In case of test data that do not contain positives (no lesions), only metric 2 will be used. For such volumes without tumors, we will also only provide background clicks for all interaction steps.
📋 Task 2: Longitudinal CT screening¶
For Task 2, we will evaluate the following metrics:
- DSC @last: Interaction Efficacy of DSC with given lesion center in follow-up scan
- FPV @last: Interaction Efficacy of FPV with given lesion center in follow-up scan
- FNV @last: Interaction Efficacy of FNVwith given lesion center in follow-up scan
- DSC @init: Interaction Efficacy of DSC without given lesion center in follow-up scan
- FPV @init: Interaction Efficacy of FPV without given lesion center in follow-up scan
- FNV @init: Interaction Efficacy of FNV without given lesion center in follow-up scan
DSC, FPV, and FNV will be evaluated with (metrics 1-3) and without (metrics 4-6) standardized and pre-simulated tumor lesion center click in the follow-up scan (one click per lesion). The lesion center click is represented as a set of 3D coordinates matching the image.
In case of test data that do not contain positives (no lesions), only metric 2 and 5 will be used.
📈 Ranking¶
📋 Task 1: Single-staging whole-body PET/CT¶
We divide the test dataset into subsets based on center and tracer (i.e., PSMA LMU, PSMA UKT, FDG LMU, FDG UKT) and calculated the average metrics for Interaction Efficacy (DSC @last, FPV @last, FNV @last) and the Interaction Utilization (AUC-DSC: higher = better, AUC-FPV: lower = better, AUC-FNV: lower = better) within each subset. Then, we average the subset averages. For each of the six metrics, we compute the rank over all submissions. Finally, we generated the overall rank by combining the six metric ranks using a weighting factor: DSC @last (0.25), FPV @last (0.125), FNV @last (0.125), AUC-DSC (0.25), AUC-FPV (0.125), AUC-FNV (0.125).

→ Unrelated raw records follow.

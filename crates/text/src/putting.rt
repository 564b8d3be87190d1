// Text put behind what a buffer holds: each function answers where the text ends.
ghost use Rattle.std.specs.Prelude.{◌+◌, ◌≤◌, [], ◌∷◌, ◌++◌, length};
ghost use Rattle.text.specs.Numbers.{decimal};
ghost use Rattle.text.specs.Put.{Put};
ghost use Rattle.text.specs.Refused.{refused};

// Puts a text at `at`.
pub fn put(out: &mut [u8], at: usize, text: &[u8]) -> usize
    requires { at + length text.now ≤ length out.old }
    ensures { Put out.old out.new at result (length text.now) text.now }
{
    let end = at + text.len();
    out[at..end].copy_from_slice(text);
    end
}

// Puts a number in decimal.
pub fn number(out: &mut [u8], at: usize, n: u64) -> usize
    requires { at + 20 ≤ length out.old }
    ensures { Put out.old out.new at result 20 (decimal n) }
{
    let mut text = [0u8; 20];
    let k = io::decimal(n, &mut text);
    put(out, at, &text[..k])
}

// Puts a number in decimal, and the byte that ends it.
pub fn field(out: &mut [u8], at: usize, n: u64, end: u8) -> usize
    requires { at + 21 ≤ length out.old }
    ensures { Put out.old out.new at result 21 (decimal n ++ (end ∷ [])) }
{
    let m = number(out, at, n);
    out[m] = end;
    m + 1
}

// Puts a refused line.
pub fn refuse(out: &mut [u8], at: usize, number: u64) -> usize
    requires { at + 92 ≤ length out.old }
    ensures { Put out.old out.new at result 92 (refused number) }
{
    let m = put(out, at, b"REFUSED ");
    field(out, m, number, 10)
}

📋 Task 2: Longitudinal CT screening¶
For each test case, we will compute the average metrics for Interaction Efficacy with (DSC @last: higher = better, FPV @last: lower = better, FNV @last: lower = better) and without (DSC @init: higher = better, FPV @init: lower = better, FNV @init: lower = better) provided center lesion click, producing six averaged metrics per submission. Then, we compute seperate rankings for each of the six averaged metrics. Finally, we generated the overall rank by combining the six metric ranks using a weighting factor: DSC @last (0.25), FPV @last (0.125), FNV @last (0.125), DSC @init (0.25), FPV @init (0.125), FNV @init (0.125).